The March Revolution of 1848 was a liberal revolution within the German Confederation, which was the loose federation of thirty-eight states created by the Congress of Vienna in 1815. In the south and west of the country a rise of nationalist sentiment and demands for liberal reform crystallised in mass demonstrations and the formation of popular assemblies. A group of these reformers from across Germany met in Heidelberg, in the state of Baden, on 5th March to plan elections for a German national assembly. Later that month liberal reformers met up in a ‘Preparliament’ in St. Paul’s church in Frankfurt to formulate guidelines for the first ever national elections in Germany with the blessing of the leaders of the various states of the Confederation
The states held elections in late April through to early May that year (with some variation in suffrage between states, due to the vague requirement that the voters be ‘independent’ male adults). Then, on 18th May 1848, around eight-hundred delegates to the Frankfurt Parliament convened their first session. So many of the delegates were professors, teachers or at least university graduates that the assembly became known as the Professorenparlament (‘Professors Parliament’). The delegates then embarked on the process of writing a constitution for a unified German nation.

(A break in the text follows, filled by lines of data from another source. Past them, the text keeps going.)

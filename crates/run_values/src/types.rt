// What is stored of a value, by the type of the variable (JVMS 2.3, 6.5).
ghost use Rattle.std.specs.Prelude.{◌≡◌};
ghost use Rattle.jvm_model.specs.Types.{is_component, kind_of, kind_of_elem, narrowed, stored};

use crate::Value;
use crate::numbers::{int_to_byte, int_to_char, int_to_short};
use class_model::{Elem, Kind};
use jv_base::{Base, FieldType};

/// The computational type of a type (JVMS 2.11.1).
pub fn kind_of(ty: &FieldType) -> Kind
    ensures { result ≡ kind_of ty.now }
{
    if ty.dims != 0 {
        return Kind::Ref;
    }
    match ty.base {
        Base::Long => Kind::Long,
        Base::Class(_) => Kind::Ref,
        _ => Kind::Int,
    }
}

/// The computational type of what an instruction on arrays moves (JVMS 2.11.1).
pub fn kind_of_elem(elem: Elem) -> Kind
    ensures { result ≡ kind_of_elem elem }
{
    match elem {
        Elem::Long => Kind::Long,
        Elem::Ref => Kind::Ref,
        _ => Kind::Int,
    }
}

/// Whether an instruction on arrays works with arrays of a component type (JVMS 6.5.baload, 6.5.bastore).
pub fn is_component(elem: Elem, ty: &FieldType) -> bool
    ensures { result ≡ is_component elem ty.now }
{
    if ty.dims != 0 {
        return matches!(elem, Elem::Ref);
    }
    match elem {
        Elem::Int => matches!(ty.base, Base::Int),
        Elem::Long => matches!(ty.base, Base::Long),
        Elem::Byte => matches!(ty.base, Base::Byte | Base::Boolean),
        Elem::Char => matches!(ty.base, Base::Char),
        Elem::Short => matches!(ty.base, Base::Short),
        Elem::Ref => matches!(ty.base, Base::Class(_)),
    }
}

/// What is stored of an int (JVMS 6.5.bastore, 6.5.castore, 6.5.sastore); of a boolean the low bit.
pub fn narrowed(base: &Base, number: i32) -> i32
    ensures { result ≡ narrowed base.now number }
{
    match base {
        Base::Boolean => number.rem_euclid(2),
        Base::Byte => int_to_byte(number),
        Base::Char => int_to_char(number),
        Base::Short => int_to_short(number),
        _ => number,
    }
}

/// What a field or a component of a type holds when a value was stored.
pub fn stored(ty: &FieldType, value: Value) -> Value
    ensures { result ≡ stored ty.now value }
{
    match value.as_int() {
        Some(number) if ty.dims == 0 => Value::int(narrowed(&ty.base, number)),
        _ => value,
    }
}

Over the next year, problems dogged this process of nation building: a lack of a national bureaucracy and military; weak leadership; a resurgent aristocracy; and a lack of support from Prussia (arguably the most powerful state in Germany). This last problem effectively ended the dreams of the parliamentarians when Prussia’s King, Frederick William IV, refused the title of Emperor of Germany in 1849. The ensuing constitutional crisis resulted in the majority of states recalling their delegates from the Parliament, the rump of which reconvened in Stuttgart and was finally dispersed by troops and police on 18th June 1849, bringing an end to the dream of a German unification.